Allora, due anni fa ho comprato il mio primo appartamento, in un condominio ma con giardino e ingresso indipendente al secondo piano.

Questo appartamento ha però un problema col condizionatore, il vecchio proprietario ne mise uno solo in soggiorno, ma col getto che va nella direzione opposta alla zona notte (genio) e il fresco in camera da letto non ci arriva manco dopo 24 ore di condizionatore acceso.
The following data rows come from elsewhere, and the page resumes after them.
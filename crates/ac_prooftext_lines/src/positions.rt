//! Positions.
ghost use Rattle.std.specs.Prelude.{◌≡◌, ◌++◌, ◌∷◌, ℕ, List, codes, decimal, MatchOption};
ghost use Rattle.ac_prooftext_lines.specs.ItemReaders.{Reads};
ghost use Rattle.ac_prooftext_lines.specs.Spellable.{IsIndex, AreIndices, IsSpellablePosition};
ghost use Rattle.ac_prooftext_lines.specs.Spelling.{dotted_word, position_word};

use crate::numbers::{behind, dotted, natural};
use ac_syntax::tree::Position;

/// The array behind an `O`.
fn array_of(word: &[u8]) -> Option<usize>
    ensures { Reads IsIndex (λ o. codes "O" ++ decimal o) word.now result }
{
    let Some(digits) = behind(word, b'O') else {
        return None;
    };
    natural(digits)
}

/// The assignment and the node behind an `S`.
fn node_of(word: &[u8]) -> Option<(usize, usize)>
    ensures { Reads AreIndices (λ p. codes "S" ++ dotted_word p) word.now result }
{
    let Some(numbers) = behind(word, b'S') else {
        return None;
    };
    dotted(numbers)
}

/// The initial position whose word stands behind an `I`.
fn initial_position(word: &[u8]) -> Option<Position>
    ensures { Reads IsSpellablePosition position_word (73 ∷ word.now) result }
{
    if let Some(array) = array_of(word) {
        return Some(Position::InitialOutput(array));
    }
    let Some((stmt, node)) = node_of(word) else {
        return None;
    };
    Some(Position::InitialNode { stmt, node })
}

/// The position that a word without an `I` in front spells.
fn present_position(word: &[u8]) -> Option<Position>
    requires { (rest : List ℕ) → ¬ (word.now ≡ 73 ∷ rest) }
    ensures { Reads IsSpellablePosition position_word word.now result }
{
    if let Some(array) = array_of(word) {
        return Some(Position::Output(array));
    }
    let Some((stmt, node)) = node_of(word) else {
        return None;
    };
    Some(Position::Node { stmt, node })
}

/// The position that a word spells.
pub fn read_position(word: &[u8]) -> Option<Position>
    ensures { Reads IsSpellablePosition position_word word.now result }
{
    match behind(word, b'I') {
        Some(rest) => initial_position(rest),
        None => present_position(word),
    }
}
In più nel soggiorno l’aria spara addosso sul divano, quindi dopo 10 minuti non lo sopporti più.

sto cercando di risolvere il problema, ma non è facile perché la casa non ha la predisposizione.

quello in soggiorno posso deviare il getto dell’aria ma non posso metterlo nella direzione opposta verso la zona notte, perché ci sono le finestre di mezzo nella ipotetica traccia.
Altro problema se voglio mettere un secondo condizionatore in camera da letto, bisognerebbe fare un nuovo percorso motore/split dove sarebbe necessario bucare le scale esterne, mettere una canalina lungo tutta una parete esterna, fare una traccia lungo tutto il bagno e non arriverei comunque alla camera ma al disimpegno davanti la camera!

Mi sono bloccato nel sentire tutti i lavori di muratura e non credo di dare l’ok, l’unica alternativa che mi viene in mente sono i condizionatori portatili facendo un buco sul muro della camera da letto, ma non so se devo chiedere un permesso o no.

voi cosa consigliate di fare?


----------



## Stex (28 Giugno 2022)

lascia perdere quelli portatili.

se non vuoi avere tanti casini, ti consiglio di montare uno split che non ha la macchina esterna(vedi olimpia splendid) . 
ha il compressore interno ovviamente sarà più rumoroso ma almeno non devi fare tutti quei lavori. l'unica cosa da fare sono 2 fori sul muro per aspirazione e per la condensa.

poi dipende da cosa ti han sparato per montarlo. io preferisco sempre lo split normale ma in mancanza di alternative va più che bene.


----------



## sharp (28 Giugno 2022)

Controsoffitto?


----------



## Milo (28 Giugno 2022)

Stex ha scritto:


> lascia perdere quelli portatili.
> 
> se non vuoi avere tanti casini, ti consiglio di montare uno split che non ha la macchina esterna(vedi olimpia splendid) .
> ha il compressore interno ovviamente sarà più rumoroso ma almeno non devi fare tutti quei lavori. l'unica cosa da fare sono 2 fori sul muro per aspirazione e per la condensa.
> ...



La ditta degli apparecchi sicuramente mi farà un buon preventivo, ma con tutti i lavori da fare poi di muratura sicuramente il costo si impenna e non sono per niente sicuro e che verrà fuori un bel lavoro...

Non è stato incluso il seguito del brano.